There's been discussion on here in the past about how spirits show themselves. One theme that seems to occur more often than not is that when there's a visible apparition the ghost won't 'talk' and vice versa. That is to say a ghost may 'talk' and show themselves, but it never seems to occur simultaneously, or at least it's a very rare occurrence if it does. One theory about this is the amount of energy required to pull it off so to speak.

Ruthie waving and smiling to you may have been her way of speaking without drawing too much energy from wherever. These kinds of experiences really show how important someone was/is to another soul.

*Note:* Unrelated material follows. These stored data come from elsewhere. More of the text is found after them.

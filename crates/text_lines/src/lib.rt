//! The lines of a text file, their words, and the numbers that words are.
#![tactic(auto)]

mod lines;
mod numbers;
mod word;

pub use lines::{at_line, next_line};
pub use numbers::{Base, are_digits, decimal_up_to, digit_value, number_up_to, radix};
pub use word::{is_comment, next_word, words};
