impl State14 {
    /// The number of a field; 0 where its header is invalid, or where there is no such field. It takes no memory.
    pub fn number(&self, instance: u32, element: u32, field: u32) -> u128
        ensures is { result ≡ read self.now.state (declared instance element field) }
        ensures fits { result < 2 ^ width_at self.now.layout instance field }
    {
        match self.instances.get(instance as usize) {
            Some(cells) => cells.number(element, field),
            None => 0,
        }
    }

    /// Whether a header or an element is valid; metadata is, and what isn't there isn't. It takes no memory.
    pub fn valid(&self, instance: u32, element: u32) -> bool
        ensures { result ≡ is_valid self.now.state instance element }
    {
        match self.instances.get(instance as usize) {
            Some(cells) => cells.is_valid(element),
            None => false,
        }
    }

    /// The place of a stack, which is the index of the element that is extracted next; 0 where there is no stack. It
    /// takes no memory.
    pub fn place(&self, instance: u32) -> u32
        ensures is { result ≡ place_of self.now.state instance }
        ensures fits { result ≤ last_place (shape_at self.now.layout instance) }
    {
        match self.instances.get(instance as usize) {
            Some(cells) => cells.place(),
            None => 0,
        }
    }

    /// The greatest place of an instance: the number of elements of a stack, and 0 where there is no stack. It takes no
    /// memory.
    pub fn last_place(&self, instance: u32) -> u32
        ensures { result ≡ last_place (shape_at self.now.layout instance) }
    {
        match self.instances.get(instance as usize) {
            Some(cells) => cells.last_place(),
            None => 0,
        }
    }

    /// How many elements an instance has: those of a stack, or one; 0 where there is no such instance. It takes no memory.
    pub fn size(&self, instance: u32) -> u32
        ensures is { result ≡ size_of self.now.state instance }
        ensures count { result ≡ element_count (shape_at self.now.layout instance) }
    {
        match self.instances.get(instance as usize) {
            Some(cells) => cells.size(),
            None => 0,
        }
    }

    /// How many instances there are. It takes no memory.
    pub fn instances(&self) -> usize
        ensures { result ≡ length self.now.layout }
    {
        self.instances.len()
    }

    /// How many fields an instance has. It takes no memory.
    pub fn fields(&self, instance: u32) -> usize
        ensures { result ≡ length (shape_at self.now.layout instance).widths }
    {
        match self.instances.get(instance as usize) {
            Some(cells) => cells.fields(),
            None => 0,
        }
    }

    /// The bits of all fields of an instance's element. It takes no memory.
    pub fn bits(&self, instance: u32) -> usize
        ensures { result ≡ total (shape_at self.now.layout instance).widths }
    {
        match self.instances.get(instance as usize) {
            Some(cells) => cells.bits(),
            None => 0,
        }
    }

    /// The bits of a field, 0 to 128; 0 where there is no such field. It takes no memory.
    pub fn width(&self, instance: u32, field: u32) -> u8
        ensures is { result ≡ width_at self.now.layout instance field }
        ensures fits { result ≤ 128 }
    {
        match self.instances.get(instance as usize) {
            Some(cells) => cells.width(field),
            None => 0,
        }
    }

    /// Whether an instance is metadata, which is always valid. It takes no memory.
    pub fn is_metadata(&self, instance: u32) -> bool
        ensures { result ≡ (shape_at self.now.layout instance).metadata }
    {
        match self.instances.get(instance as usize) {
            Some(cells) => cells.is_metadata(),
            None => false,
        }
    }

    /// A field of `standard_metadata`. It takes no memory.
    pub fn standard(&self, field: Standard) -> u32
        ensures is { result ≡ standard_number self.now.state field }
        ensures fits { result < 2 ^ standard_bits field }
    {
        standard_of(self.standard, field)
    }

    /// The octets that aren't parsed yet. It takes no memory.
    pub fn unparsed(&self) -> &[u8]
        ensures { result.now ≡ self.now.state.unparsed }
    {
        &self.octets[self.parsed..]
    }

    /// The last request of a kind; None exactly where none stands. It takes no memory.
    pub fn request(&self, kind: RequestKind) -> Option<Request14>
        ensures { result ≡ request_of self.now.state kind }
    {
        request_of(self.requests, kind)
    }

    /// The applications of tables since `clear_events`, in order. It takes no memory.
    pub fn events(&self) -> &[Event]
        ensures { result.now ≡ self.now.state.events }
    {
        &self.events
    }

    /// Whether there is such an instance.
    fn has(&self, instance: u32) -> bool
        ensures { MatchBool result (instance < length self.now.layout) (length self.now.layout ≤ instance) }
    {
        (instance as usize) < self.instances.len()
    }

    /// Puts a number into a field; nothing where its header is invalid, or where there is no such field. It takes no
    /// memory and can't fail.
    pub fn put_number(
        &mut self,
        instance: u32,
        element: u32,
        field: u32,
        value: u128,
    ) -> Result<(), OutOfMemory>
        requires { value < 2 ^ width_at self.old.layout instance field }
        ensures done { IsOk result }
        ensures put { self.new ≡ with_state self.old (written self.old.state (declared instance element field) value) }
    {
        if self.has(instance) {
            self.instances[instance as usize].put(element, field, value);
        }
        Ok(())
    }

    /// Makes a header valid or invalid. Where that changes its validity, its fields become 0, and else nothing changes;
    /// nor does it where there is no such header. It takes no memory and can't fail.
    pub fn put_valid(&mut self, instance: u32, element: u32, on: bool) -> Result<(), OutOfMemory>
        requires { IsHeader self.old.layout instance }
        ensures done { IsOk result }
        ensures put { self.new ≡ with_state self.old (with_valid self.old.state instance element on) }
    {
        if self.has(instance) {
            self.instances[instance as usize].put_valid(element, on);
        }
        Ok(())
    }

    /// Makes a header valid or invalid, with all fields 0; nothing where there is no such header. It takes no memory.
    pub fn clear_header(&mut self, instance: u32, element: u32, valid: bool)
        requires { IsHeader self.old.layout instance }
        ensures { self.new ≡ with_state self.old (with_header self.old.state instance element (cleared valid (header_at self.old.state instance element))) }
    {
        if self.has(instance) {
            self.instances[instance as usize].put_cleared(element, valid);
        }
    }

    /// A copy of a header. The one error is want of memory.
    pub fn header(
        &self,
        alloc: Global,
        instance: u32,
        element: u32,
    ) -> Result<PackedHeader, OutOfMemory>
        requires { HasElement self.now.layout instance element }
        ensures { IfOk result (HoldsHeader (shape_at self.now.layout instance) (header_at self.now.state instance element)) }
    {
        self.instances[instance as usize].element(alloc, element)
    }

    /// Puts a header in the place of one; nothing where there is no such header. It takes no memory.
    pub fn put_header(&mut self, instance: u32, element: u32, header: &PackedHeader)
        requires { IsPacked (shape_at self.old.layout instance) header.now }
        ensures { self.new ≡ with_state self.old (with_header self.old.state instance element (header_in (shape_at self.old.layout instance).widths header.now)) }
    {
        if self.has(instance) {
            self.instances[instance as usize].put_element(element, header);
        }
    }

    /// A copy of the elements of an instance; none where there is no such instance. The one error is want of memory.
    pub fn stack(&self, alloc: Global, instance: u32) -> Result<PackedStack, OutOfMemory>
        ensures { IfOk result (HoldsStack (shape_at self.now.layout instance) (elements_at self.now.state instance)) }
    {
        match self.instances.get(instance as usize) {
            Some(cells) => cells.elements(alloc),
            None => Ok(PackedStack::of(Vec::new(alloc))),
        }
    }

    /// Puts other elements in the place of those of an instance. It takes no memory.
    pub fn put_stack(&mut self, instance: u32, stack: PackedStack)
        requires { ArePacked (shape_at self.old.layout instance) stack }
        ensures { self.new ≡ with_state self.old (with_elements self.old.state instance (map (header_in (shape_at self.old.layout instance).widths) stack)) }
    {
        if self.has(instance) {
            self.instances[instance as usize].put_elements(stack);
        }
    }

    /// The octets of a header: the bits of its fields, first field first, where these are whole octets; none where there is
    /// no such header. It takes no memory.
    pub fn octets(&self, instance: u32, element: u32) -> &[u8]
        ensures { IsWhole self.now.layout instance element → octet_bits result.now ≡ bits_in (shape_at self.now.layout instance).widths (header_at self.now.state instance element).numbers }
    {
        match self.instances.get(instance as usize) {
            Some(cells) => cells.octets(element),
            None => &[],
        }
    }

    /// An instance is as its shape tells, whatever was done with the state. It does nothing.
    pub fn fits(&self, instance: u32)
        ensures { FitsAt self.now instance }
    {
        if let Some(cells) = self.instances.get(instance as usize) {
            cells.fits();
        }
    }

    /// Puts a field of `standard_metadata`. It takes no memory and can't fail.
    pub fn put_standard(&mut self, field: Standard, value: u32) -> Result<(), OutOfMemory>
        requires { value < 2 ^ standard_bits field }
        ensures done { IsOk result }
        ensures put { self.new ≡ with_state self.old (with_standard self.old.state field value) }
    {
        self.standard = with_standard(self.standard, field, value);
        Ok(())
    }

    /// Puts the place of a stack, at most its size; 0 where there is no stack. It takes no memory and can't fail.
    pub fn put_place(&mut self, instance: u32, place: u32) -> Result<(), OutOfMemory>
        requires { place ≤ last_place (shape_at self.old.layout instance) }
        ensures done { IsOk result }
        ensures put { self.new ≡ with_state self.old (with_place self.old.state instance place) }
    {
        if self.has(instance) {
            self.instances[instance as usize].put_place(place);
        }
        Ok(())
    }

    /// Takes so many octets off the front of those that aren't parsed. It takes no memory and can't fail.
    pub fn skip(&mut self, octets: usize) -> Result<(), OutOfMemory>
        requires { octets ≤ length self.old.state.unparsed }
        ensures done { IsOk result }
        ensures skipped { self.new ≡ with_state self.old (skipped self.old.state octets) }
    {
        self.parsed += octets;
        Ok(())
    }

    /// Puts the request of a kind, or none. It takes no memory and can't fail.
    pub fn put_request(
        &mut self,
        kind: RequestKind,
        request: Option<Request14>,
    ) -> Result<(), OutOfMemory>
        ensures done { IsOk result }
        ensures put { self.new ≡ with_state self.old (with_request self.old.state kind request) }
    {
        self.requests = with_request(self.requests, kind, request);
        Ok(())
    }

    /// Notes an application of a table. The one error is want of memory, and the state is then as it was.
    pub fn push_event(&mut self, event: Event) -> Result<(), OutOfMemory>
        ensures ok { OnOk result (self.new ≡ with_state self.old (with_event self.old.state event)) }
        ensures err { OnErr result (self.new ≡ self.old) }
    {
        self.events.push(event)?;
        Ok(())
    }

    /// Forgets the applications of tables. It takes no memory.
    pub fn clear_events(&mut self)
        ensures { self.new ≡ with_state self.old (without_events self.old.state) }
    {
        self.events.clear();
    }

    /// Makes a header valid, with the next bits that aren't parsed as its fields, first field first; nothing where there
    /// is no such header. Nothing is taken off these bits. It takes no memory.
    pub fn fill(&mut self, instance: u32, element: u32)
        requires { total (shape_at self.old.layout instance).widths ≤ 8 * length self.old.state.unparsed }
        ensures { self.new ≡ with_state self.old (with_header self.old.state instance element (record { valid = true; numbers = numbers_in (shape_at self.old.layout instance).widths (octet_bits self.old.state.unparsed) })) }
    {
        if self.has(instance) {
            self.instances[instance as usize].fill(element, &self.octets[self.parsed..]);
        }
    }

    /// Makes all headers invalid, with all fields 0, and all places 0. Metadata stays. It takes no memory.
    pub fn clear_headers(&mut self)
        ensures { self.new ≡ with_state self.old (with_headers_begun self.old) }
    {
        begin_all(&mut self.instances);
    }

    /// The same state again, with the same applications of tables. The one error is want of memory.
    pub fn copy(&self, alloc: Global) -> Result<State14, OutOfMemory>
        ensures { IfOk result (λ state. state ≡ self.now) }
    {
        let mut instances = Vec::with_capacity(alloc, self.instances.len())?;
        for cells in &self.instances {
            instances.push(cells.copy(alloc)?)?;
        }
        Ok(State14 {
            instances,
            octets: Vec::from_slice(alloc, &self.octets[self.parsed..])?,
            parsed: 0,
            standard: self.standard,
            requests: self.requests,
            events: Vec::from_slice(alloc, &self.events)?,
        })
    }
}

Thanks for sharing and the great work you do.
Linjahaha (24 stories) (142 posts)
+3
5 months ago (2024-01-17)
lady-glow: Thank you for your comments. I tend to agree with you here. That possibly I 'did' cross Ruthie's mind before she passed on. Possibly she just showed up long enough to let me know she's alright now. I wasn't scared by seeing her. It was actually very emotional for me. I feel flattered that she 'wanted' me to see her with that wonderful, sweet smile on her face.
I'm glad that you read, & enjoyed this account!

All the Best! 😊 😊
lady-glow (16 stories) (3160 posts)
+5
5 months ago (2024-01-17)
Hi Linjahaha.

In my opinion, it's possible that Ruthie thought of you at the moment of her passing and finally found a chance to thank you for your friendship and all the things you did for her.

Thanks for sharing this wonderful experience with us.